There are a number of ways to meet that challenge. It is important because it identifies a key political division, a divide between political parties. The Conservative party, although it may say otherwise, will always be the party that wants to pander to an elite. That runs deep in its history and I do not believe that it is ever going to change. We, however, based on our history as a political party, recognise that there is too much wasted talent, too much inequality, and that people with potential are being wasted.

It is a challenge for the Government to change that, to ensure that we can deliver for all our people and to liberate those individuals. We do it for them and for our country because we all benefit. We will not have a strong and robust economy if we have a weak and divided society. That is why all people have a part to play.

The Government need to deal with the difficult issue about inequality of assets and wealth. We have done a lot to tackle the inequality of income. We have introduced the national minimum wage, the working families tax credit and the child tax credit. All that will make a difference. It will take many people out of the daily grind of poverty, but we now need to turn our attention to a far more difficult issue: inequality of assets. By that, I mean people who have no savings, who do not own their own home and who do not have investments in shares and so on.

That is important because an increasing number of people in Britain are without assets and the position is getting worse. The new divisions that we have to tackle are between the asset-excluded, the asset-poor and the asset-rich. In 1996, according to the Institute for Public Policy Research, 10 per cent. of the UK population had no assets. Now 20 per cent. of those aged between 20 and 34 have no assets. Figures given to me just this week by the House of Commons Library show that in 2001, more than 50 per cent. of the population had savings of less than #1,500. We have to find ways of ensuring that all people can have assets that they can call their own.

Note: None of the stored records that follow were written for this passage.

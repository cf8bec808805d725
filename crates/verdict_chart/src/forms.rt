// The chart's forms: those of a family and of a row, the mark of each, and how many are under a verdict. A place past the chart has a blank.
use tables::family::FRAME;
use type_rules::code::OPERAND;
use verdict_table::blocks::{NAMES, block_of};
use verdict_table::counts::forms_under;
use verdict_table::table::{FORMS, verdict_at};

// Accepted, and the type errors.
pub const VERDICT_COUNT: u8 = OPERAND as u8 + 1;

// From `start` up to `end`.
#[derive(Clone, Copy)]
pub struct Span {
    pub start: usize,
    pub end: usize,
}

// Where a family's forms start; the chart's end for a family that has none.
fn start_of(family: u64) -> usize {
    if family < FRAME {
        block_of(family as usize).start
    } else {
        FORMS
    }
}

impl Span {
    pub fn whole() -> Span {
        Span {
            start: 0,
            end: FORMS,
        }
    }

    pub fn of_family(family: u64) -> Span {
        Span {
            start: start_of(family),
            end: start_of(family.wrapping_add(1)),
        }
    }

    pub fn size(self) -> usize {
        self.end.wrapping_sub(self.start)
    }

    pub fn under(self, verdict: u8) -> usize {
        let end = self.end.min(FORMS);
        let start = self.start.min(end);
        forms_under(verdict, start, end - start)
    }
}

// How many forms a row of a family's block has.
pub fn row_size(family: u64) -> usize {
    Span::of_family(family).size() / NAMES
}

// Whether a family has three operands: its columns then stand in groups, one for each second operand.
pub fn is_grouped(family: u64) -> bool {
    if family < FRAME {
        let block = block_of(family as usize);
        return (block.seconds > 1) & (block.sources > 1);
    }
    false
}

// How many columns a group has, or all where there are no groups.
pub fn columns_of(family: u64) -> usize {
    if is_grouped(family) {
        return row_size(family) / NAMES;
    }
    row_size(family)
}

// Where the row of a first operand begins.
pub fn row_start(family: u64, first: u64) -> usize {
    let before = row_size(family).wrapping_mul(first as usize);
    start_of(family).wrapping_add(before)
}

// The letter of a verdict; a blank where there is none.
pub fn mark_of(verdict: u8) -> u8 {
    match verdict {
        0 => b'A',
        1 => b'U',
        2 => b'D',
        3 => b'R',
        4 => b'O',
        _ => b' ',
    }
}

// The letter of the form at a place.
pub fn mark_at(place: usize) -> u8 {
    if place < FORMS {
        mark_of(verdict_at(place))
    } else {
        b' '
    }
}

The Labour party manifesto in 2001 contained two proposals that could make a real difference. The first was the introduction of equity shares for tenants in social housing and the second was the creation of a child trust fund through an endowment paid by the Government. That is sometimes referred to as a baby bond. The lump sum would not be means-tested. It would be paid into an account on birth and drawn down at the age of 18. Every person from whatever background would have access to their own opportunity fund at the age of 18. The cost would be significant as an endowment fund of #1,000 would cost some #700 million in benefit, but I consider that it should be a priority. Equity shares should also be pursued.

14 Nov 2002 : Column 193

As I said earlier, the Queen's Speech gets it broadly right. It addresses the need to reform our public services and rebalance our criminal justice system so that people recognise their rights and responsibilities. It meets the challenges of the day. The public want it and it is now the Government's responsibility to deliver. I am confident that they will discharge that responsibility.